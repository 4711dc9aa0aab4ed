//! Lists of fixed room.
//!
//! ```text
//!   new   | . . . . |      push(16), push(40)   | 16 40 . . |      up to as many as there is room for: full
//! ```

ghost use Rattle.std.specs.Prelude.{◌≡◌, ◌<◌, ◌≤◌, [], ◌∷◌, ◌++◌, ◌==◌, Some, length, slice_get};

use arrayvec::ArrayVec;
use std::marker::Model;

/// Numbers in the order in which they entered, at most as many as it has room for: a log of cards that became dirty, a log of addresses
/// that marking has to see, or the first cards of a set. They are in the value, so no call takes memory. Clauses see the list of them.
#[derive(Drop)]
pub struct ShortList<const ROOM: usize> {
    numbers: ArrayVec<u32, ROOM>,
}

impl<const ROOM: usize> Model for ShortList<ROOM> {
    ghost use Rattle.std.specs.Prelude.{List, ℕ};

    ghost Value = { List ℕ };

    ghost view = { λ list. list.numbers.items };
}

impl<const ROOM: usize> ShortList<ROOM> {
    /// The empty list.
    pub fn new() -> Self
        ensures { result ≡ [] }
    {
        ShortList {
            numbers: ArrayVec::new(),
        }
    }

    /// How many numbers are in the list.
    pub fn len(&self) -> usize
        ensures value { result ≡ length self.now }
        ensures at_most { result ≤ ROOM }
    {
        self.numbers.len()
    }

    /// Whether there is no room for another number.
    pub fn is_full(&self) -> bool
        ensures full { result ≡ (length self.now == ROOM) }
        ensures at_most { length self.now ≤ ROOM }
    {
        self.len() == ROOM
    }

    /// The numbers, in the order in which they entered.
    pub fn as_slice(&self) -> &[u32]
        ensures { result.now ≡ self.now }
    {
        self.numbers.as_slice()
    }

    /// The number at a place, in that order.
    pub fn get(&self, place: usize) -> u32
        requires { place < length self.now }
        ensures { slice_get self.now place ≡ Some result }
    {
        self.numbers.as_slice()[place]
    }

    /// A number enters at the end.
    #[inline(always)]
    pub fn push(&mut self, number: u32)
        requires { length self.old < ROOM }
        ensures { self.new ≡ self.old ++ number ∷ [] }
    {
        self.numbers.push(number);
    }

    /// The list is empty.
    pub fn clear(&mut self)
        ensures { self.new ≡ [] }
    {
        self.numbers.clear();
    }
}
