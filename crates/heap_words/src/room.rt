//! The memory that a list has taken beyond its items, given back to the system.
//!
//! ```text
//!   list         items | taken once, and not needed      | never touched |
//!   spare list   never touched                                           |   room for all, asked for first
//!   list         items |                                                     cut: the system has the rest
//!   list         items | never touched                                   |   room for all again; the spare list goes
//! ```
//!
//! Where that room is refused the items move to the spare list. So nothing can fail once memory is given back, and items are copied
//! only then: malloc cuts and lengthens a large block in place.

ghost use Rattle.std.specs.Prelude.{◌≡◌, ◌≤◌, vec_capacity};

use std::alloc::{AllocError, Global};

/// The memory beyond the items goes back to the system, and there is room for so many items still. Where the memory for the spare list
/// is refused, none goes back.
pub fn give_back<T: Copy>(alloc: Global, items: &mut Vec<T>, room: usize) -> Result<(), AllocError>
    requires { room ≤ vec_capacity items.old }
    ensures items { items.new.items ≡ items.old.items }
    ensures room { room ≤ vec_capacity items.new }
{
    let len = items.len();
    let all = room.max(len);
    let mut spare = Vec::with_capacity(alloc, all)?;
    // An empty list keeps a place: malloc would free its block, and take the next one from where it gives nothing back.
    items.shrink_to(len.max(1));
    if items.reserve_exact(all - len).is_err() {
        spare.extend_from_slice(items).unwrap();
        *items = spare;
    }
    Ok(())
}
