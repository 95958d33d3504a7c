//! Why a call was refused.
#![tactic(auto)]

ghost use Rattle.std.specs.Prelude.{◌≡◌, Some};
ghost use Rattle.denial.specs.Denials.{number_of, word_of, layer_word_of, denied, shown_of};

use std::error::Error;
use std::fmt;

/// What was wrong, in the order of the numbers.
#[derive(Clone, Copy, PartialEq, Eq, Debug)]
pub enum Reason {
    Memory,
    Off,
    Wide,
    Type,
    Empty,
    Mark,
    Held,
    Number,
    Length,
    Loaded,
    Unfilled,
    Short,
    Missing,
    Lost,
}

/// Which layer refused.
#[derive(Clone, Copy, PartialEq, Eq, Debug)]
pub enum Layer {
    Carrier,
    Line,
    Field,
    Code,
}

/// A refusal: why, by which layer, and where.
#[derive(Clone, Copy, PartialEq, Eq, Debug)]
pub struct Denial {
    pub reason: Reason,
    pub layer: Layer,
    /// Two numbers; the second is 0 where one tells the place.
    pub place: (usize, usize),
}

impl Reason {
    /// The reason's number.
    pub fn number(self) -> u8
        ensures { result ≡ number_of self }
    {
        // A cast counts from 0.
        self as u8 + 1
    }

    /// The reason's name in lower case.
    // No `Display` beside: only a whole refusal is printed.
    pub fn word(self) -> &'static str
        ensures { result.now ≡ word_of self }
    {
        match self {
            Reason::Memory => "memory",
            Reason::Off => "off",
            Reason::Wide => "wide",
            Reason::Type => "type",
            Reason::Empty => "empty",
            Reason::Mark => "mark",
            Reason::Held => "held",
            Reason::Number => "number",
            Reason::Length => "length",
            Reason::Loaded => "loaded",
            Reason::Unfilled => "unfilled",
            Reason::Short => "short",
            Reason::Missing => "missing",
            Reason::Lost => "lost",
        }
    }
}

impl Layer {
    /// The layer's name in lower case.
    // No `Display` beside, as of a reason.
    pub fn word(self) -> &'static str
        ensures { result.now ≡ layer_word_of self }
    {
        match self {
            Layer::Carrier => "carrier",
            Layer::Line => "line",
            Layer::Field => "field",
            Layer::Code => "code",
        }
    }
}

impl Denial {
    pub fn new(reason: Reason, layer: Layer, first: usize, second: usize) -> Denial
        ensures { result ≡ denied reason layer first second }
    {
        Denial {
            reason,
            layer,
            place: (first, second),
        }
    }

    /// The same refusal, told of another place.
    pub fn at(self, first: usize, second: usize) -> Denial
        ensures { result ≡ denied self.reason self.layer first second }
    {
        Denial::new(self.reason, self.layer, first, second)
    }
}

/// The number, the word, the layer and the place, as `9 length code 5 0`.
impl fmt::Display for Denial {
    ghost output = { λ d. Some (shown_of d) };

    fn fmt<W: fmt::Write>(&self, f: &mut fmt::Formatter<W>) -> fmt::Result {
        let number = self.reason.number();
        let word = self.reason.word();
        let layer = self.layer.word();
        let (first, second) = self.place;
        write!(f, "{number} {word} {layer} {first} {second}")
    }
}

impl Error for Denial {}
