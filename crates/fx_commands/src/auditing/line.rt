//! The line that tells a verdict.
ghost use Rattle.std.specs.Prelude.{◌≡◌, ◌++◌, IfOk, OnOk};
ghost use Rattle.std.specs.Fmt.{decimal};
ghost use Rattle.fx_report.specs.Report.{line};
ghost use Rattle.fx_audit.specs.declared.verdict.Verdict.TheVariants as said;
ghost use Rattle.fx_commands.specs.Audits.Lines as lines;

use fx_audit::Verdict;
use fx_base::NoMemory;
use std::alloc::Global;

/// Adds words, and the number after them.
fn add_field(out: &mut Vec<u8>, words: &[u8], number: u64) -> Result<(), NoMemory>
    ensures { OnOk result (out.new.items ≡ out.old.items ++ words.now ++ decimal number) }
{
    let digits = number.to_string(*out.allocator())?;
    out.extend_from_slice(words)?;
    out.extend_from_slice(digits.as_bytes())?;
    Ok(())
}

/// The line of words and one number.
fn line_of(alloc: Global, words: &[u8], number: u64) -> Result<Vec<u8>, NoMemory>
    ensures { IfOk result (λ text. text.items ≡ line (words.now ++ decimal number)) }
{
    let mut text = Vec::new(alloc);
    add_field(&mut text, words, number)?;
    text.extend_from_slice(b"\n")?;
    Ok(text)
}

fn yes_line(alloc: Global) -> Result<Vec<u8>, NoMemory>
    ensures { IfOk result (λ text. text.items ≡ lines.verdict_line said.Yes) }
{
    let mut text = Vec::new(alloc);
    text.extend_from_slice(b"audit yes\n")?;
    Ok(text)
}

fn missing_line(alloc: Global, shell: u32, txn: u32) -> Result<Vec<u8>, NoMemory>
    ensures { IfOk result (λ text. text.items ≡ lines.verdict_line (said.Missing shell txn)) }
{
    let mut text = Vec::new(alloc);
    add_field(&mut text, b"audit no Missing ", u64::from(shell))?;
    add_field(&mut text, b" ", u64::from(txn))?;
    text.extend_from_slice(b"\n")?;
    Ok(text)
}

/// The line that tells a verdict.
pub(crate) fn verdict_line(alloc: Global, verdict: Verdict) -> Result<Vec<u8>, NoMemory>
    ensures { IfOk result (λ text. text.items ≡ lines.verdict_line verdict) }
{
    match verdict {
        Verdict::Yes => yes_line(alloc),
        Verdict::BadLine(number) => line_of(alloc, b"audit no BadLine ", number),
        Verdict::Order(entry) => line_of(alloc, b"audit no Order ", entry),
        Verdict::Answer(entry) => line_of(alloc, b"audit no Answer ", entry),
        Verdict::Missing { shell, txn } => missing_line(alloc, shell, txn),
        Verdict::Retry(number) => line_of(alloc, b"audit no Retry ", number),
    }
}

** Description of the task **
Retype the records above exactly, from their first line through the line that contains "pub fn is_full(&self) -> bool", and stop there.

** Response to the task **
repository 4711dc9aa0aab4ed
//! Lists of fixed room.
//!
//! ```text
//!   new   | . . . . |      push(16), push(40)   | 16 40 . . |      up to as many as there is room for: full
//! ```

ghost use Rattle.std.specs.Prelude.{◌≡◌, ◌<◌, ◌≤◌, [], ◌∷◌, ◌++◌, ◌==◌, Some, length, slice_get};

use arrayvec::ArrayVec;
use std::marker::Model;

/// Numbers in the order in which they entered, at most as many as it has room for: a log of cards that became dirty, a log of addresses
/// that marking has to see, or the first cards of a set. They are in the value, so no call takes memory. Clauses see the list of them.
#[derive(Drop)]
pub struct ShortList<const ROOM: usize> {
    numbers: ArrayVec<u32, ROOM>,
}

impl<const ROOM: usize> Model for ShortList<ROOM> {
    ghost use Rattle.std.specs.Prelude.{List, ℕ};

    ghost Value = { List ℕ };

    ghost view = { λ list. list.numbers.items };
}

impl<const ROOM: usize> ShortList<ROOM> {
    /// The empty list.
    pub fn new() -> Self
        ensures { result ≡ [] }
    {
        ShortList {
            numbers: ArrayVec::new(),
        }
    }

    /// How many numbers are in the list.
    pub fn len(&self) -> usize
        ensures value { result ≡ length self.now }
        ensures at_most { result ≤ ROOM }
    {
        self.numbers.len()
    }

    /// Whether there is no room for another number.
    pub fn is_full(&self) -> bool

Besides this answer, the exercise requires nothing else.